Source Agence France-Presse

Unexploded cluster bombs still threaten thousands of Serbian civilians almost 10 years after they were dropped during NATO's air war over Kosovo, an independent report said Tuesday. "During the 1999 NATO bombing campaign, U.S., British and Dutch forces dropped at least 37,000 sub-munitions on Serbian territory," the Cluster Munition Coalition (CMC) said in a statement. "According to the survey published by Norwegian People's Aid, a CMC member, a decade on unexploded cluster bomblets continue to pose a threat to tens of thousands of local inhabitants," it added. There were 2,547 unexploded bomblets located across Serbia, excluding its breakaway province of Kosovo, according to a report the CMC presented at a media conference in Belgrade. The warning came in a statement that called on the Serbian government to sign up to the cluster bomb ban convention already backed by 95 other countries The convention bans the use and stockpiling of cluster bombs and contains provisions on clearing unexploded cluster bombs and aiding victims. "Serbia should sign the Convention on Cluster Munitions without delay, there is simply no reason not to and every reason to do so," CMC coordinator Thomas Nash said in a statement.
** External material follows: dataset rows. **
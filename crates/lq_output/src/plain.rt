ghost use Rattle.std.specs.Prelude.{◌≡◌, [], ◌∷◌, ◌++◌, OnOk, map};
ghost use Rattle.std.specs.Fmt.{decimal};
ghost use Rattle.lq_schema.specs.Value.{meaning_of};
ghost use Rattle.lq_output.specs.Cells.{joined_texts, pair_text, plain_text};

use crate::number::{push_micro, push_number, push_unsigned};
use lq_records::{Memory, Text};
use lq_schema::Val;

/// Adds the text of a value with nothing quoted: the items of a list have the byte `list` between
/// them, the parts of a pair the byte `pair`. The only error is out of memory.
pub fn push_plain(out: &mut Vec<u8>, list: u8, pair: u8, value: &Val<'_>) -> Result<(), Memory>
    ensures { OnOk result
        (out.new.items ≡ out.old.items ++ plain_text list pair (meaning_of value.now)) }
{
    match value {
        Val::Int(number) => push_number(out, *number),
        Val::Micro(micro) => push_micro(out, *micro),
        Val::Str(text) => out.extend_from_slice(text.as_bytes()),
        Val::List(texts) => push_texts(out, list, texts.as_slice()),
        Val::Nums(numbers) => push_numbers(out, list, numbers.as_slice()),
        Val::Pairs(pairs) => push_pairs(out, list, pair, pairs.as_slice()),
        Val::Own(text) => push_text(out, text),
    }
}

fn push_text(out: &mut Vec<u8>, text: &Text) -> Result<(), Memory>
    ensures { OnOk result (out.new.items ≡ out.old.items ++ text.now) }
{
    out.extend_from_slice(text.as_str().as_bytes())
}

fn push_texts(out: &mut Vec<u8>, between: u8, texts: &[Text]) -> Result<(), Memory>
    ensures { OnOk result (out.new.items ≡ out.old.items ++ joined_texts (between ∷ []) texts.now) }
{
    let Some((first, later)) = texts.split_first() else {
        return Ok(());
    };
    push_text(out, first)?;
    for text in later {
        out.push(between)?;
        push_text(out, text)?;
    }
    Ok(())
}

/// Adds numbers with a byte between them. The only error is out of memory.
pub fn push_numbers(out: &mut Vec<u8>, between: u8, numbers: &[u64]) -> Result<(), Memory>
    ensures { OnOk result
        (out.new.items ≡ out.old.items ++ joined_texts (between ∷ []) (map decimal numbers.now)) }
{
    let Some((first, later)) = numbers.split_first() else {
        return Ok(());
    };
    push_unsigned(out, *first)?;
    for number in later {
        out.push(between)?;
        push_unsigned(out, *number)?;
    }
    Ok(())
}

fn push_pair(out: &mut Vec<u8>, between: u8, pair: &(Text, Text)) -> Result<(), Memory>
    ensures { OnOk result (out.new.items ≡ out.old.items ++ pair_text between pair.now) }
{
    push_text(out, &pair.0)?;
    out.push(between)?;
    push_text(out, &pair.1)
}

fn push_pairs(
    out: &mut Vec<u8>,
    between: u8,
    within: u8,
    pairs: &[(Text, Text)],
) -> Result<(), Memory>
    ensures { OnOk result (out.new.items
        ≡ out.old.items ++ joined_texts (between ∷ []) (map (pair_text within) pairs.now)) }
{
    let Some((first, later)) = pairs.split_first() else {
        return Ok(());
    };
    push_pair(out, within, first)?;
    for pair in later {
        out.push(between)?;
        push_pair(out, within, pair)?;
    }
    Ok(())
}
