ghost use Rattle.std.specs.Prelude.{◌≡◌, ℕ, ◌+◌, ◌<◌, ◌≤◌, true, false, Contains, List, length};
ghost use Rattle.std.specs.Prelude.{drop, take, IfNone, IfSome};
ghost use Rattle.std.specs.Bool.{OnFalse, OnTrue};
ghost use Rattle.std.specs.List.{prefix_len};
ghost use Rattle.lq_text.specs.Blanks.{is_blank};
ghost use Rattle.lq_text.specs.Lines.{line_text};
ghost use Rattle.lq_request.specs.Messages.{command_text, ends_word, front_lines, is_command};
ghost use Rattle.lq_request.specs.Messages.{is_line_of, message_of, one_empty_line};
ghost use Rattle.lq_request.specs.Extent.{IsExtent};
ghost use Rattle.lq_request.specs.Search.{AreLines, IsKnown, IsSearched};
ghost use Rattle.lq_request.specs.declared.extent.LineKind.TheVariants as line_kind;

use crate::words::blank_length;
use lq_text::{is_blank, next_line};

/// How many bytes the word `COMMAND` has, which begins the line of a command.
const COMMAND_LENGTH: usize = 7;

/// What a message is, by the first of its lines.
#[derive(Clone, Copy)]
pub enum MessageKind {
    /// It has the lines of a query.
    Query,
    /// It is the line of a command.
    Command,
    /// No line is left.
    Nothing,
}

/// Where the first message stands in the bytes.
#[derive(Clone, Copy)]
pub struct Extent {
    /// What it is.
    pub kind: MessageKind,
    /// The place where its text begins.
    pub start: usize,
    /// The place where its text ends.
    pub end: usize,
    /// The place after its end; the same as `end` where its end hasn't come.
    pub next: usize,
}

/// A line without text, or with some.
#[derive(Clone, Copy)]
enum LineKind {
    Empty,
    Text,
}

/// How far bytes were looked over: they are empty lines up to `text`, and from there on whole lines
/// of a query up to `next`; after those no line feed stands up to `seen`.
#[derive(Clone, Copy)]
pub struct Searched {
    pub text: usize,
    pub next: usize,
    pub seen: usize,
}

impl Searched {
    /// Nothing was looked over yet.
    pub fn nothing() -> Self
        ensures text { result.text ≡ 0 }
        ensures next { result.next ≡ 0 }
        ensures seen { result.seen ≡ 0 }
    {
        Searched {
            text: 0,
            next: 0,
            seen: 0,
        }
    }

    /// Whether a line feed stands after what was seen. Where none does, no message has ended.
    pub fn sees_feed(&mut self, bytes: &[u8]) -> bool
        requires { IsKnown self.old.text self.old.next self.old.seen bytes.now }
        ensures some { OnTrue result (Contains (drop self.old.seen bytes.now) 10) }
        ensures none { OnFalse result ((message_of bytes.now).ended ≡ false) }
        ensures same { self.new.next ≡ self.old.next }
        ensures known { IsKnown self.new.text self.new.next self.new.seen bytes.now }
    {
        let Some((end, next)) = next_line(bytes, self.seen) else {
            return false;
        };
        if end < next {
            return true;
        }
        self.seen = next;
        false
    }

    /// The first message of the bytes. What was looked over before isn't looked at again.
    #[tactic(auto, unfolding(crate::specs::Messages::message_of))]
    pub fn extent_of(&mut self, bytes: &[u8]) -> Extent
        requires { IsSearched self.old.text self.old.next bytes.now }
        ensures extent { IsExtent bytes.now result }
        ensures searched { IsSearched self.new.text self.new.next bytes.now }
        ensures seen { self.new.seen ≡ self.old.seen }
    {
        if self.text < self.next {
            return self.query(bytes);
        }
        let start = empty_lines_end(bytes, self.next);
        self.text = start;
        self.next = start;
        let Some((end, next)) = next_line(bytes, start) else {
            return Extent {
                kind: MessageKind::Nothing,
                start,
                end: start,
                next: start,
            };
        };
        if let Some(length) = command_length(&bytes[start..end]) {
            return Extent {
                kind: MessageKind::Command,
                start: start + length,
                end,
                next,
            };
        }
        if end == next {
            return Extent {
                kind: MessageKind::Query,
                start,
                end,
                next,
            };
        }
        self.next = next;
        self.query(bytes)
    }

    /// The query whose first lines were looked over.
    fn query(&mut self, bytes: &[u8]) -> Extent
        requires some { self.old.text < self.old.next }
        requires searched { IsSearched self.old.text self.old.next bytes.now }
        ensures extent { IsExtent bytes.now result }
        ensures searched { IsSearched self.new.text self.new.next bytes.now }
        ensures seen { self.new.seen ≡ self.old.seen }
    {
        let front = front_length(&bytes[self.next..], LineKind::Text);
        let end = self.next + front.all;
        let next = end + empty_line_length(&bytes[end..]);
        self.next += front.whole;
        Extent {
            kind: MessageKind::Query,
            start: self.text,
            end,
            next,
        }
    }
}

/// The place where the empty lines at the front end; they go on up to the place `from` at least.
fn empty_lines_end(bytes: &[u8], from: usize) -> usize
    requires within { from ≤ length bytes.now }
    requires lines { AreLines line_kind.Empty (take from bytes.now) }
    ensures within { result ≤ length bytes.now }
    ensures lines { AreLines line_kind.Empty (take result bytes.now) }
    ensures front { front_lines line_kind.Empty bytes.now ≡ take result bytes.now }
{
    from + front_length(&bytes[from..], LineKind::Empty).all
}

/// The length of `COMMAND` and its blanks at the front of a line. None where the line is no
/// command.
#[tactic(auto, unfolding(crate::specs::Messages::is_command, crate::specs::Messages::command_text))]
fn command_length(line: &[u8]) -> Option<usize>
    ensures none { IfNone result (is_command line.now ≡ false) }
    ensures some { IfSome result (λ n. is_command line.now ≡ true) }
    ensures text { IfSome result (λ n. command_text line.now ≡ drop n line.now) }
    ensures within { IfSome result (λ n. n ≤ length line.now) }
{
    let rest = line.strip_prefix(b"COMMAND".as_slice())?;
    if !ends_word(rest) {
        return None;
    }
    Some(COMMAND_LENGTH + blank_length(rest))
}

/// Whether a word ends before these bytes.
fn ends_word(rest: &[u8]) -> bool
    ensures { result ≡ ends_word rest.now }
{
    match rest.first() {
        Some(byte) => is_blank(*byte),
        None => true,
    }
}

/// The lines of a kind at the front of bytes, by their length: those with a line feed, and all.
#[derive(Clone, Copy)]
struct Front {
    whole: usize,
    all: usize,
}

/// The lines of a kind at the front of the bytes. Only a line with text can lack its line feed.
fn front_length(bytes: &[u8], kind: LineKind) -> Front
    ensures whole { AreLines kind (take result.whole bytes.now) }
    ensures front { front_lines kind bytes.now ≡ take result.all bytes.now }
    ensures order { result.whole ≤ result.all }
    ensures within { result.all ≤ length bytes.now }
    ensures empty { kind ≡ line_kind.Empty → result.whole ≡ result.all }
{
    let mut at = 0;
    'lines: while let Some((end, next)) = next_line(bytes, at) {
        if !is_of_kind(kind, end - at) {
            return Front { whole: at, all: at };
        }
        if end == next {
            return Front {
                whole: at,
                all: next,
            };
        }
        at = next;
    }
    Front { whole: at, all: at }
}

/// Whether a line whose text has this length is of a kind.
fn is_of_kind(kind: LineKind, text: usize) -> bool
    ensures { (line : List ℕ) → length (line_text line) ≡ text
        → result ≡ is_line_of kind line }
{
    match kind {
        LineKind::Empty => text == 0,
        LineKind::Text => text != 0,
    }
}

/// The length of the empty line at the front of the bytes, 0 where none stands there.
fn empty_line_length(bytes: &[u8]) -> usize
    ensures front { one_empty_line bytes.now ≡ take result bytes.now }
    ensures within { result ≤ length bytes.now }
{
    match next_line(bytes, 0) {
        Some((0, next)) => next,
        _ => 0,
    }
}
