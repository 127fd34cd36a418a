ghost use Rattle.std.specs.Prelude.{◌≡◌, ◌≢◌, ℕ, ◌+◌, ◌-◌, ◌<◌, ◌≤◌, List, [], ◌++◌, length, take};
ghost use Rattle.std.specs.Prelude.{drop, false, vec_len, IfOk};
ghost use Rattle.lq_request.specs.Cutting.{lent_piece, Shows, taken_by};
ghost use Rattle.lq_request.specs.Search.{IsKnown, IsSearched};
ghost use Rattle.lq_request.specs.Messages.{IsInOrder, IsNext, message_limit, rest_after, whole};
ghost use Rattle.lq_request.specs.declared.cut.TheConstants.{CAPACITY};

use crate::extent::{Extent, MessageKind, Searched};
use lq_records::Memory;
use std::alloc::Global;
use std::marker::Model;

/// The longest message in bytes, with the empty lines before it and the empty line that ends it. A
/// longer one is refused.
pub const MESSAGE_LIMIT: usize = 65_536;

/// The most bytes that are held: one more than a message may have shows that the bytes go on past
/// it.
const CAPACITY: usize = 65_537;

/// What stands first in the bytes of a connection.
#[derive(Clone, Copy)]
pub enum Cutting<'a> {
    /// The lines of a query, without the empty lines before it and the empty line that ends it.
    Query(&'a [u8]),
    /// The text of a command: what follows `COMMAND` and its blanks in the line.
    Command(&'a [u8]),
    /// No message is whole, and more bytes may come.
    More,
    /// No message is left.
    Empty,
    /// The first 65,536 bytes of a message that doesn't end within them.
    TooLong(&'a [u8]),
}

/// Cuts messages out of the bytes of a connection, in whatever pieces they come. Contracts see it
/// as the bytes that were fed and not yet cut off.
#[derive(Drop)]
pub struct Cut {
    buffer: Vec<u8>,
    start: usize,
    end: usize,
    searched: Searched,
}

impl Model for Cut {
    ghost use Rattle.std.specs.Prelude.{◌≡◌, ◌-◌, ◌≤◌, ℕ, List, take, drop, vec_len};
    ghost use Rattle.lq_request.specs.Search.{IsKnown};
    ghost use Rattle.lq_request.specs.declared.cut.TheConstants.{CAPACITY};
    ghost use Rattle.lq_request.specs.Messages.{message_limit};

    ghost Value = { List ℕ };

    ghost view = { λ cut. take (cut.end - cut.start) (drop cut.start cut.buffer.items) };

    ghost invariant = { λ cut. (cut.start ≤ cut.end) × (cut.end ≤ CAPACITY)
        × (vec_len cut.buffer ≡ CAPACITY) × (cut.searched.next ≤ message_limit)
        × IsKnown cut.searched.text cut.searched.next cut.searched.seen
        (take (cut.end - cut.start) (drop cut.start cut.buffer.items)) };
}

impl Cut {
    ghost use Rattle.std.specs.Prelude.{⊤};
    ghost use Rattle.std.specs.Borrow.{sem};
    ghost use mathlib.Core.Option.{none};
    ghost use denote.Follow.{follows_so};
    ghost use Rattle.lq_request.specs.contracts.cut.Cut.{the_row};

    /// Holds no bytes yet.
    pub fn new(alloc: Global) -> Result<Self, Memory>
        ensures { IfOk result (λ cut. cut ≡ []) }
    {
        Ok(Cut {
            buffer: vec![in alloc; 0; CAPACITY]?,
            start: 0,
            end: 0,
            searched: Searched::nothing(),
        })
    }

    /// How many bytes may be fed.
    pub fn room(&self) -> usize
        ensures { result + length self.now ≡ message_limit + 1 }
    {
        CAPACITY - (self.end - self.start)
    }

    /// Adds a piece of the connection's bytes.
    pub fn feed(&mut self, piece: &[u8])
        requires { length self.old + length piece.now ≤ message_limit + 1 }
        ensures { self.new ≡ self.old ++ piece.now }
    {
        let held = self.end - self.start;
        self.start = make_room(&mut self.buffer, self.start, held, piece.len());
        self.end = self.start + held;
        put(&mut self.buffer, self.end, piece);
        self.end += piece.len();
    }

    fn held_bytes(&self) -> &[u8]
        ensures { result.now ≡ self.now }
    {
        &self.buffer[self.start..self.end]
    }

    /// Cuts off what stands first; `ended` says that no more bytes come. `More` leaves all as it
    /// was.
    pub fn next_message(&mut self, ended: bool) -> Cutting<'_>
        ensures next { IsNext ended self.old (lent_piece result) }
        ensures order { IsInOrder ended self.old (lent_piece result)
            (rest_after (lent_piece result) self.old) }
        ensures* rest { sem 𝓛 (follows_so the_row the_row self.entry.ghost_name none (λ _ _. ⊤)
            (λ held. held ≡ rest_after (lent_piece result) self.old)) }
    {
        let mut searched = self.searched;
        let found = first_found(&mut searched, self.held_bytes(), ended);
        let start = self.start;
        self.start = start + found.taken_bytes();
        self.searched = searched;
        match found {
            Found::Message(extent) => message(
                extent.kind,
                &self.buffer[start + extent.start..start + extent.end],
            ),
            Found::TooLong => Cutting::TooLong(&self.buffer[start..start + MESSAGE_LIMIT]),
            Found::More => Cutting::More,
        }
    }
}

/// A whole message of a kind.
fn message(kind: MessageKind, text: &[u8]) -> Cutting<'_>
    ensures { lent_piece result ≡ whole kind text.now }
{
    match kind {
        MessageKind::Query => Cutting::Query(text),
        MessageKind::Command => Cutting::Command(text),
        MessageKind::Nothing => Cutting::Empty,
    }
}

/// What stands first in the bytes, by its places.
#[derive(Clone, Copy)]
enum Found {
    Message(Extent),
    TooLong,
    More,
}

impl Found {
    /// How many bytes it takes from the front.
    fn taken_bytes(self) -> usize
        ensures { result ≡ taken_by self }
    {
        match self {
            Found::Message(extent) => extent.next,
            Found::TooLong => MESSAGE_LIMIT,
            Found::More => 0,
        }
    }
}

/// What stands first in the bytes that are held, and how far what stands after it was looked over.
/// They are searched only where a line feed came, or where it is the last time.
fn first_found(searched: &mut Searched, held: &[u8], ended: bool) -> Found
    requires searched { IsKnown searched.old.text searched.old.next searched.old.seen held.now }
    requires limit { searched.old.next ≤ message_limit }
    ensures shows { Shows ended held.now result }
    ensures searched { IsKnown searched.new.text searched.new.next searched.new.seen
        (drop (taken_by result) held.now) }
    ensures limit { searched.new.next ≤ message_limit }
{
    if ended || held.len() > MESSAGE_LIMIT {
        return find(searched, held, ended);
    }
    if !searched.sees_feed(held) {
        return Found::More;
    }
    find(searched, held, ended)
}

/// The same by a search of what wasn't looked over.
fn find(searched: &mut Searched, held: &[u8], ended: bool) -> Found
    requires searched { IsSearched searched.old.text searched.old.next held.now }
    requires limit { searched.old.next ≤ message_limit }
    ensures shows { Shows ended held.now result }
    ensures searched { IsKnown searched.new.text searched.new.next searched.new.seen
        (drop (taken_by result) held.now) }
    ensures limit { searched.new.next ≤ message_limit }
{
    let mut further = *searched;
    let extent = further.extent_of(window(held));
    *searched = Searched::nothing();
    if extent.end < extent.next {
        Found::Message(extent)
    } else if held.len() > MESSAGE_LIMIT {
        Found::TooLong
    } else if !ended {
        *searched = Searched {
            seen: further.next,
            ..further
        };
        Found::More
    } else {
        Found::Message(Extent {
            next: held.len(),
            ..extent
        })
    }
}

/// Makes room for `more` bytes after those that are held, which begin at the place `start`: they
/// move to the front where it is wanting. Returns the place where they begin then.
fn make_room(buffer: &mut [u8], start: usize, held: usize, more: usize) -> usize
    requires within { start + held ≤ length buffer.old }
    requires enough { held + more ≤ length buffer.old }
    ensures held { take held (drop result buffer.new) ≡ take held (drop start buffer.old) }
    ensures room { result + held + more ≤ length buffer.new }
{
    if start + held + more <= buffer.len() {
        return start;
    }
    buffer.copy_within(start..start + held, 0);
    0
}

/// Puts a piece at a place.
fn put(buffer: &mut [u8], at: usize, piece: &[u8])
    requires { at + length piece.now ≤ length buffer.old }
    ensures { take (at + length piece.now) buffer.new ≡ take at buffer.old ++ piece.now }
{
    buffer[at..at + piece.len()].copy_from_slice(piece);
}

/// The bytes within which a message has to end.
fn window(held: &[u8]) -> &[u8]
    ensures { result.now ≡ take message_limit held.now }
{
    if held.len() > MESSAGE_LIMIT {
        &held[..MESSAGE_LIMIT]
    } else {
        held
    }
}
Contacted by AFP, Serbia's defence and foreign ministries declined to comment on the Balkan country's failure to sign the convention. But the CMC statement noted that Serbia was one of the few affected countries to have used and produced cluster munitions, and that it has an outdated stockpile of the weapon. "I am disgusted by the attitude of my government," said Dejan Dikic, a civilian victim from Serbia. "I can't understand it," Dikic said, adding: "All the survivors in Serbia feel the same, we need support and the government is turning its back on us." NATO's 1999 bombing campaign was launched against Yugoslavia, then made up of Serbia and Montenegro, to halt a violent crackdown on separatist Kosovo Albanians by forces loyal to late president Slobodan Milosevic. Kosovo proclaimed unilateral independence from Serbia in February 2008. It is now recognized by 56 countries including the United States and 22 of the European Union's 27 member states. Serbia is backed by its old ally Russia in its opposition to the move.